Sunday, June 26, 2016

Training the Psychiatrists

I am sure psychiatrists get all sorts of training, but from the patient's point of view, we want them to be trained to understand our problems. My first therapist ever, after a bad boyfriend breakup, was very helpful to me but she hadn't had cancer and didn't get all that part of my emotions. but she was very helpful to me.

After breast cancer, I got a new therapist. She had had breast cancer. She really got that part of me. Then she retired!!!

I tried a new therapist who told me about her ailments more than I told her about my ailments. Then I canned her and found a new one. While she hasn't had cancer, its okay because she understands the rest of me and cancer is not currently my main issue. Actually, I need to rephrase that. Cancer is not my main health issue currently. My main health issue is that my health sucks.

But I digress. This morning I stumbled across an article from The Psychiatric Times explaining breast cancer to psychiatrists. This is a great idea. It discussing its incidence (12% of women world wide).

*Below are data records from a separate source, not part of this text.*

//! Lists that are plans, or none, of two PDDL texts. Each line was found by hand, from the rules for plans and for faults.
use super::texts::{ONE_SLOT_DOMAIN, ONE_SLOT_PROBLEM};
use super::{Before, Row, Source, VALIDATE, replay};
use htn_cli::Status;
use std::alloc::Global;
use std::process::Abort;

const PLAN: &str = "(htn_start htn_s1) (htn_m_m htn_s1) (a htn_s1)";

/// A list of steps for the printed texts of the smallest problem: the run ends with this status and this line.
#[derive(Clone, Copy)]
struct Listed {
    plan: &'static str,
    status: Status,
    err: &'static str,
}

const OF_THE_SMALLEST: &[Listed] = &[
    Listed {
        plan: PLAN,
        status: Status::Done,
        err: "",
    },
    Listed {
        plan: "; cost = 3 (unit cost)\n0: (HTN_START HTN_S1)\n1: (HTN_M_M HTN_S1)\n2: (A HTN_S1)\n",
        status: Status::Done,
        err: "",
    },
    Listed {
        plan: "(htn_start htn_s1) (htn_m_m htn_s1)",
        status: Status::Finding,
        err: "not a plan: step 3 GoalFalse\n",
    },
    Listed {
        plan: "(and or)",
        status: Status::Finding,
        err: "not a plan: step 1 UnknownAction\n",
    },
    Listed {
        plan: "(htn_start)",
        status: Status::Finding,
        err: "not a plan: step 1 Arguments\n",
    },
    Listed {
        plan: "(htn_start htn_s2)",
        status: Status::Finding,
        err: "not a plan: step 1 Arguments\n",
    },
    Listed {
        plan: "(htn_start htn_s1 htn_s1)",
        status: Status::Finding,
        err: "not a plan: step 1 Arguments\n",
    },
    Listed {
        plan: "(htn_start htn_s1) (a htn_s1) (b)",
        status: Status::Finding,
        err: "not a plan: step 2 Condition\n",
    },
];

/// The same for two texts of its own.
#[derive(Clone, Copy)]
struct Judged {
    domain: &'static str,
    problem: &'static str,
    plan: &'static str,
    status: Status,
    err: &'static str,
}

const COSTS: &str =
    "(define (domain d) (:functions (total-cost)) (:action a :parameters () :effect (increase (total-cost) 1)))";

const NOTHING: &str = "(define (problem p))";

const TYPED: &str =
    "(define (domain d) (:types red - block) (:constants b - block r - red) (:predicates (seen ?x)) (:action paint :parameters (?r - red) :precondition (forall (?x - object) (seen ?x)) :effect (not (seen ?r))))";

const SEEN: &str = "(define (problem p) (:init (seen b) (seen r)) (:goal (not (seen r))))";

/// All objects and those of a type; what is dropped, and a domain's name, which isn't compared; and faults: the domain's first, then
/// the problem's, then the plan's.
const JUDGED: &[Judged] = &[
    Judged {
        domain: TYPED,
        problem: SEEN,
        plan: "(paint r)",
        status: Status::Done,
        err: "",
    },
    Judged {
        domain: TYPED,
        problem: SEEN,
        plan: "(paint b)",
        status: Status::Finding,
        err: "not a plan: step 1 Arguments\n",
    },
    Judged {
        domain: TYPED,
        problem: SEEN,
        plan: "(paint r) (paint r)",
        status: Status::Finding,
        err: "not a plan: step 2 Condition\n",
    },
    Judged {
        domain: COSTS,
        problem: "(define (problem p) (:domain other) (:metric minimize (total-cost)))",
        plan: "(a)",
        status: Status::Done,
        err: "",
    },
    Judged {
        domain: COSTS,
        problem: NOTHING,
        plan: "1: (A ; (b) ?c\n)",
        status: Status::Done,
        err: "",
    },
    Judged {
        domain: COSTS,
        problem: NOTHING,
        plan: "(b) (a ?b)",
        status: Status::TextFault,
        err: "plan:7: fault 8 BadForm\n",
    },
    Judged {
        domain: "(define (domain d) (:task t :parameters ()))",
        problem: NOTHING,
        plan: "(a)",
        status: Status::TextFault,
        err: "pd:20: fault 6 UnknownSection\n",
    },
    Judged {
        domain: "(define (domain d) (:constants c))",
        problem: "(define (problem p) (:objects c))",
        plan: "(",
        status: Status::TextFault,
        err: "pp:30: fault 10 DuplicateName\n",
    },
    Judged {
        domain: COSTS,
        problem: "(define (problem p) (:htn))",
        plan: "(",
        status: Status::TextFault,
        err: "pp:21: fault 6 UnknownSection\n",
    },
    Judged {
        domain: COSTS,
        problem: NOTHING,
        plan: "(a",
        status: Status::TextFault,
        err: "plan:0: fault 2 UnclosedParen\n",
    },
    Judged {
        domain: COSTS,
        problem: NOTHING,
        plan: "(a) 3:",
        status: Status::TextFault,
        err: "plan:4: fault 8 BadForm\n",
    },
    Judged {
        domain: COSTS,
        problem: NOTHING,
        plan: "1: 2: (a)",
        status: Status::TextFault,
        err: "plan:3: fault 8 BadForm\n",
    },
    Judged {
        domain: COSTS,
        problem: NOTHING,
        plan: "()",
        status: Status::TextFault,
        err: "plan:1: fault 8 BadForm\n",
    },
    Judged {
        domain: COSTS,
        problem: NOTHING,
        plan: "(a (b))",
        status: Status::TextFault,
        err: "plan:3: fault 8 BadForm\n",
    },
    Judged {
        domain: COSTS,
        problem: NOTHING,
        plan: "(a ?b)",
        status: Status::TextFault,
        err: "plan:3: fault 8 BadForm\n",
    },
    Judged {
        domain: COSTS,
        problem: NOTHING,
        plan: "a",
        status: Status::TextFault,
        err: "plan:0: fault 8 BadForm\n",
    },
    Judged {
        domain: COSTS,
        problem: NOTHING,
        plan: "(a) \"",
        status: Status::TextFault,
        err: "plan:4: fault 1 BadByte\n",
    },
    Judged {
        domain: COSTS,
        problem: NOTHING,
        plan: "(a))",
        status: Status::TextFault,
        err: "plan:3: fault 3 StrayClose\n",
    },
];

/// A validation ends with this status and this line.
pub(super) fn ends(
    rt: &impl Abort,
    alloc: Global,
    before: Before,
    status: Status,
    err: &'static str,
) {
    let out = match status {
        Status::Done => "valid\n",
        _ => "",
    };
    replay(
        rt,
        alloc,
        &Row {
            before,
            command: VALIDATE,
            options: &[],
            more: &[],
            status,
            out,
            err,
            held: &[],
        },
    );
}

#[test]
fn lists_for_the_smallest_problem(rt: HostRuntime) {
    for row in OF_THE_SMALLEST {
        let before = Before::Plan(
            Source::Text(ONE_SLOT_DOMAIN),
            Source::Text(ONE_SLOT_PROBLEM),
            Source::Text(row.plan),
        );
        ends(&rt, rt.alloc(), before, row.status, row.err);
    }
}

#[test]
fn lists_for_other_texts(rt: HostRuntime) {
    for row in JUDGED {
        let before = Before::Plan(
            Source::Text(row.domain),
            Source::Text(row.problem),
            Source::Text(row.plan),
        );
        ends(&rt, rt.alloc(), before, row.status, row.err);
    }
}

/// One step more than there may be.
#[test]
fn too_many_steps(rt: HostRuntime) {
    let before = Before::Plan(
        Source::Text(COSTS),
        Source::Text(NOTHING),
        Source::Times(&[("(a)", 1_000_001)]),
    );
    let line = "limit steps 1000001\n";
    ends(&rt, rt.alloc(), before, Status::Limit, line);
}
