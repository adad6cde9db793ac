// The library for programs in C: include/rate_plan.h declares its calls. Each hands on to the call of the same name in `export`,
// which says the same of its answer; a crate is a library for Rattle or one for C, and not both.
#![tactic(auto)]

ghost use Rattle.std.specs.Prelude.{◌≡◌};
ghost use Rattle.formats.specs.PlanFile.{check_verdict};
ghost use Rattle.formats.specs.RequestFile.{read_verdict};
ghost use Rattle.texts.specs.Listing.{listed, listed_in};
ghost use Rattle.codes.specs.Code.{code_of, plan_verdict, plan_laid, choice_of};

use export::calls;

// The verdict on a request file.
#[unsafe(no_mangle)]
pub extern "C" fn rate_plan_read(request: &[u8]) -> u64
    ensures { result ≡ code_of (read_verdict request.now) }
{
    calls::rate_plan_read(request)
}

// Reads a request file, works its plan out and writes the plan file.
#[unsafe(no_mangle)]
pub extern "C" fn rate_plan_write(request: &[u8], plan: &mut [u8]) -> u64
    ensures value { result ≡ code_of (plan_verdict request.now plan.old) }
    ensures plan_after { plan.new ≡ plan_laid request.now plan.old }
{
    calls::rate_plan_write(request, plan)
}

// The verdict on a plan file.
#[unsafe(no_mangle)]
pub extern "C" fn rate_plan_check(plan: &[u8]) -> u64
    ensures { result ≡ code_of (check_verdict plan.now) }
{
    calls::rate_plan_check(plan)
}

// Which of the two files is to be loaded: 1 for the proposed one, 2 for the running one, 0 for neither.
#[unsafe(no_mangle)]
pub extern "C" fn rate_plan_choose(proposed: &[u8], running: &[u8]) -> u64
    ensures { result ≡ choice_of proposed.now running.now }
{
    calls::rate_plan_choose(proposed, running)
}

// Lists the plan of a request file, or the refusal that reading it gives: how many bytes were written.
#[unsafe(no_mangle)]
pub extern "C" fn rate_plan_list(request: &[u8], text: &mut [u8]) -> u64
    ensures value { result ≡ (listed request.now text.old).length }
    ensures text_after { text.new ≡ listed_in request.now text.old }
{
    calls::rate_plan_list(request, text)
}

"To support patients with breast cancer, it is important to understand the trajectory and practical logistics of breast cancer treatment. Psychiatrists should also be aware of possible medication interactions, psychiatric or neurologic adverse effects of treatment, and signs of disease progression—issues that are the focus of this article. "

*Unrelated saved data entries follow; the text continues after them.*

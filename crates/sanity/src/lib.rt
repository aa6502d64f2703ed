// What a reviewer would try on the definitions that the contracts cite, as theorems; no code. Strength 0: StrengthZero. Equal frames: StillMerge,
// StillAlign, StillRun. A tile that moves: Moved. Another order of the frames: Renumbered, Shuffled. Black levels: Pedestal. Flat frames and document 01's figure: FlatMerge,
// FlatAlign, FlatFigure. What they say of accepted calls: Calls.
#![tactic(auto)]
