//! Bindings and filters as they stand in the messages about access control.

use std::alloc::Global;
use wire_types::{
    Cursor, ReadFault, Text, Wire, WriteFault, deduct, deduct_nullable, deduct_string, write_i8,
    write_nullable, write_string,
};

/// A binding (ACL) as it stands in a message: kind (resource type), pattern type, operation and permission are still the
/// protocol's numbers, of which some may be unknown. `acl_binding` checks them.
#[derive(Clone, Drop, PartialEq, Eq)]
pub struct BindingEntry {
    pub kind: i8,
    pub name: Text,
    pub pattern: i8,
    pub principal: Text,
    pub host: Text,
    pub operation: i8,
    pub permission: i8,
}

/// A filter of bindings as it stands in a message: kind, pattern type, operation and permission are still the protocol's numbers,
/// where 1 is ANY. A null text matches any.
#[derive(Drop, PartialEq, Eq)]
pub struct FilterEntry {
    pub kind: i8,
    pub name: Option<Text>,
    pub pattern: i8,
    pub principal: Option<Text>,
    pub host: Option<Text>,
    pub operation: i8,
    pub permission: i8,
}

impl Wire for BindingEntry {
    ghost use Rattle.msg_acl.specs.Entries.{binding_entry};

    ghost grammar = { binding_entry };

    fn read(alloc: Global, cursor: &mut Cursor<'_>) -> Result<BindingEntry, ReadFault> {
        let kind = cursor.read_i8()?;
        let name = cursor.read_string(alloc)?;
        let pattern = cursor.read_i8()?;
        let principal = cursor.read_string(alloc)?;
        let host = cursor.read_string(alloc)?;
        let operation = cursor.read_i8()?;
        let permission = cursor.read_i8()?;
        Ok(BindingEntry {
            kind,
            name,
            pattern,
            principal,
            host,
            operation,
            permission,
        })
    }

    fn put(&self, out: &mut Vec<u8>) -> Result<(), WriteFault> {
        write_i8(out, self.kind)?;
        write_string(out, &self.name)?;
        write_i8(out, self.pattern)?;
        write_string(out, &self.principal)?;
        write_string(out, &self.host)?;
        write_i8(out, self.operation)?;
        write_i8(out, self.permission)?;
        Ok(())
    }

    fn deduct_from(&self, budget: usize) -> Option<usize> {
        let budget = deduct(1, budget)?;
        let budget = deduct_string(&self.name, budget)?;
        let budget = deduct(1, budget)?;
        let budget = deduct_string(&self.principal, budget)?;
        let budget = deduct_string(&self.host, budget)?;
        let budget = deduct(1, budget)?;
        deduct(1, budget)
    }
}

impl Wire for FilterEntry {
    ghost use Rattle.msg_acl.specs.Entries.{filter_entry};

    ghost grammar = { filter_entry };

    fn read(alloc: Global, cursor: &mut Cursor<'_>) -> Result<FilterEntry, ReadFault> {
        let kind = cursor.read_i8()?;
        let name = cursor.read_nullable(alloc)?;
        let pattern = cursor.read_i8()?;
        let principal = cursor.read_nullable(alloc)?;
        let host = cursor.read_nullable(alloc)?;
        let operation = cursor.read_i8()?;
        let permission = cursor.read_i8()?;
        Ok(FilterEntry {
            kind,
            name,
            pattern,
            principal,
            host,
            operation,
            permission,
        })
    }

    fn put(&self, out: &mut Vec<u8>) -> Result<(), WriteFault> {
        write_i8(out, self.kind)?;
        write_nullable(out, &self.name)?;
        write_i8(out, self.pattern)?;
        write_nullable(out, &self.principal)?;
        write_nullable(out, &self.host)?;
        write_i8(out, self.operation)?;
        write_i8(out, self.permission)?;
        Ok(())
    }

    fn deduct_from(&self, budget: usize) -> Option<usize> {
        let budget = deduct(1, budget)?;
        let budget = deduct_nullable(&self.name, budget)?;
        let budget = deduct(1, budget)?;
        let budget = deduct_nullable(&self.principal, budget)?;
        let budget = deduct_nullable(&self.host, budget)?;
        let budget = deduct(1, budget)?;
        deduct(1, budget)
    }
}
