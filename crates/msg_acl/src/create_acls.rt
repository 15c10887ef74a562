//! CreateAcls, version 1: bindings that are to be created.

use crate::entries::BindingEntry;
use std::alloc::Global;
use wire_types::{
    Cursor, ErrorCode, Items, ReadFault, Text, Wire, WriteFault, deduct, deduct_array,
    deduct_nullable, read_array, write_array, write_i32, write_nullable,
};

/// Asks for bindings (ACLs) to be created.
#[derive(Drop, PartialEq, Eq)]
pub struct CreateAclsRequest {
    pub creations: Items<BindingEntry>,
}

/// What became of one binding of the request: error code 0 where it was created or an equal one stood already, else an error.
/// This broker sends no message (null).
#[derive(Drop, PartialEq, Eq)]
pub struct CreatedAcl {
    pub error: ErrorCode,
    pub message: Option<Text>,
}

/// What became of each binding, in the order of the request.
#[derive(Drop, PartialEq, Eq)]
pub struct CreateAclsReply {
    pub throttle: i32,
    pub results: Items<CreatedAcl>,
}

impl Wire for CreateAclsRequest {
    ghost use Rattle.msg_acl.specs.CreateAcls.{create_acls_request};

    ghost grammar = { create_acls_request };

    fn read(alloc: Global, cursor: &mut Cursor<'_>) -> Result<CreateAclsRequest, ReadFault> {
        let creations = read_array(alloc, cursor)?;
        Ok(CreateAclsRequest { creations })
    }

    fn put(&self, out: &mut Vec<u8>) -> Result<(), WriteFault> {
        write_array(out, &self.creations)?;
        Ok(())
    }

    fn deduct_from(&self, budget: usize) -> Option<usize> {
        deduct_array(&self.creations, budget)
    }
}

impl Wire for CreatedAcl {
    ghost use Rattle.msg_acl.specs.CreateAcls.{created_acl};

    ghost grammar = { created_acl };

    fn read(alloc: Global, cursor: &mut Cursor<'_>) -> Result<CreatedAcl, ReadFault> {
        let error = ErrorCode::read(alloc, cursor)?;
        let message = cursor.read_nullable(alloc)?;
        Ok(CreatedAcl { error, message })
    }

    fn put(&self, out: &mut Vec<u8>) -> Result<(), WriteFault> {
        self.error.write(out)?;
        write_nullable(out, &self.message)?;
        Ok(())
    }

    fn deduct_from(&self, budget: usize) -> Option<usize> {
        let budget = self.error.deduct_from(budget)?;
        deduct_nullable(&self.message, budget)
    }
}

impl Wire for CreateAclsReply {
    ghost use Rattle.msg_acl.specs.CreateAcls.{create_acls_reply};

    ghost grammar = { create_acls_reply };

    fn read(alloc: Global, cursor: &mut Cursor<'_>) -> Result<CreateAclsReply, ReadFault> {
        let throttle = cursor.read_i32()?;
        let results = read_array(alloc, cursor)?;
        Ok(CreateAclsReply { throttle, results })
    }

    fn put(&self, out: &mut Vec<u8>) -> Result<(), WriteFault> {
        write_i32(out, self.throttle)?;
        write_array(out, &self.results)?;
        Ok(())
    }

    fn deduct_from(&self, budget: usize) -> Option<usize> {
        let budget = deduct(4, budget)?;
        deduct_array(&self.results, budget)
    }
}
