//! DeleteAcls, version 1: filters whose bindings are to be deleted.

use crate::entries::{BindingEntry, FilterEntry};
use std::alloc::Global;
use wire_types::{
    Cursor, ErrorCode, Items, ReadFault, Text, Wire, WriteFault, deduct, deduct_array,
    deduct_nullable, read_array, write_array, write_i32, write_nullable,
};

/// Asks for all bindings (ACLs) that match any of the filters to be deleted.
#[derive(Drop, PartialEq, Eq)]
pub struct DeleteAclsRequest {
    pub filters: Items<FilterEntry>,
}

/// A binding that matched the filter and was deleted. This broker sends error code 0 and no message (null) with each.
#[derive(Drop, PartialEq, Eq)]
pub struct DeletedAcl {
    pub error: ErrorCode,
    pub message: Option<Text>,
    pub binding: BindingEntry,
}

/// What became of one filter: an error without bindings, or the bindings that it matched and that were deleted. This broker sends
/// no message (null).
#[derive(Drop, PartialEq, Eq)]
pub struct DeletedAcls {
    pub error: ErrorCode,
    pub message: Option<Text>,
    pub matches: Items<DeletedAcl>,
}

/// What became of each filter, in the order of the request.
#[derive(Drop, PartialEq, Eq)]
pub struct DeleteAclsReply {
    pub throttle: i32,
    pub results: Items<DeletedAcls>,
}

impl Wire for DeleteAclsRequest {
    ghost use Rattle.msg_acl.specs.DeleteAcls.{delete_acls_request};

    ghost grammar = { delete_acls_request };

    fn read(alloc: Global, cursor: &mut Cursor<'_>) -> Result<DeleteAclsRequest, ReadFault> {
        let filters = read_array(alloc, cursor)?;
        Ok(DeleteAclsRequest { filters })
    }

    fn put(&self, out: &mut Vec<u8>) -> Result<(), WriteFault> {
        write_array(out, &self.filters)?;
        Ok(())
    }

    fn deduct_from(&self, budget: usize) -> Option<usize> {
        deduct_array(&self.filters, budget)
    }
}

impl Wire for DeletedAcl {
    ghost use Rattle.msg_acl.specs.DeleteAcls.{deleted_acl};

    ghost grammar = { deleted_acl };

    fn read(alloc: Global, cursor: &mut Cursor<'_>) -> Result<DeletedAcl, ReadFault> {
        let error = ErrorCode::read(alloc, cursor)?;
        let message = cursor.read_nullable(alloc)?;
        let binding = BindingEntry::read(alloc, cursor)?;
        Ok(DeletedAcl {
            error,
            message,
            binding,
        })
    }

    fn put(&self, out: &mut Vec<u8>) -> Result<(), WriteFault> {
        self.error.write(out)?;
        write_nullable(out, &self.message)?;
        self.binding.write(out)?;
        Ok(())
    }

    fn deduct_from(&self, budget: usize) -> Option<usize> {
        let budget = self.error.deduct_from(budget)?;
        let budget = deduct_nullable(&self.message, budget)?;
        self.binding.deduct_from(budget)
    }
}

impl Wire for DeletedAcls {
    ghost use Rattle.msg_acl.specs.DeleteAcls.{deleted_acls};

    ghost grammar = { deleted_acls };

    fn read(alloc: Global, cursor: &mut Cursor<'_>) -> Result<DeletedAcls, ReadFault> {
        let error = ErrorCode::read(alloc, cursor)?;
        let message = cursor.read_nullable(alloc)?;
        let matches = read_array(alloc, cursor)?;
        Ok(DeletedAcls {
            error,
            message,
            matches,
        })
    }

    fn put(&self, out: &mut Vec<u8>) -> Result<(), WriteFault> {
        self.error.write(out)?;
        write_nullable(out, &self.message)?;
        write_array(out, &self.matches)?;
        Ok(())
    }

    fn deduct_from(&self, budget: usize) -> Option<usize> {
        let budget = self.error.deduct_from(budget)?;
        let budget = deduct_nullable(&self.message, budget)?;
        deduct_array(&self.matches, budget)
    }
}

impl Wire for DeleteAclsReply {
    ghost use Rattle.msg_acl.specs.DeleteAcls.{delete_acls_reply};

    ghost grammar = { delete_acls_reply };

    fn read(alloc: Global, cursor: &mut Cursor<'_>) -> Result<DeleteAclsReply, ReadFault> {
        let throttle = cursor.read_i32()?;
        let results = read_array(alloc, cursor)?;
        Ok(DeleteAclsReply { throttle, results })
    }

    fn put(&self, out: &mut Vec<u8>) -> Result<(), WriteFault> {
        write_i32(out, self.throttle)?;
        write_array(out, &self.results)?;
        Ok(())
    }

    fn deduct_from(&self, budget: usize) -> Option<usize> {
        let budget = deduct(4, budget)?;
        deduct_array(&self.results, budget)
    }
}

Um, yes, hello! I have spent a lot of trying to manage medication interactions. Because of all my medications, needing antibiotics gets complicated quickly.

"Adjustment, depressive, and anxiety disorders are the most common forms of neuropsychiatric illness in patients with breast cancer. Risk factors include younger age, receipt of chemotherapy, hormonal disruption (amenorrhea/hot flashes), and marital discord. Symptoms appear to be most prominent at specific points in the course of the illness:
  • At diagnosis
  • At completion of active treatment, when patients are confronted with existential angst and fears of recurrence in the setting of less active follow-up with medical providers
  • At diagnosis of recurrence or metastasis"
Yoo hoo, that end of active treatment where you oncologist says come back in six months and we all fall apart. That is a key point for cancer patients. I'm not thinking about that last bullet, just shutting it out of my brain.

But I am happy to see this. If a psychiatrist has not had the ailment which is the cause of the anxiety/depression for the patient, they do need additional training so they understand.

1 comment:

Arla said...

Haven't been on in awhile now, Caroline, but this post is spot on. And a main reason I quit writing. The anxiety of it all. My sister who along with myself, was also diagnosed TNBC, was diagnosed multiple myeloma yesterday after being NED since 2008. :( Dammit. And suddenly, even being 6yrs NED myself, my anxiety level kicked up a notch ya know. You get it. Wish you were feeling better. Sending you warmest regards.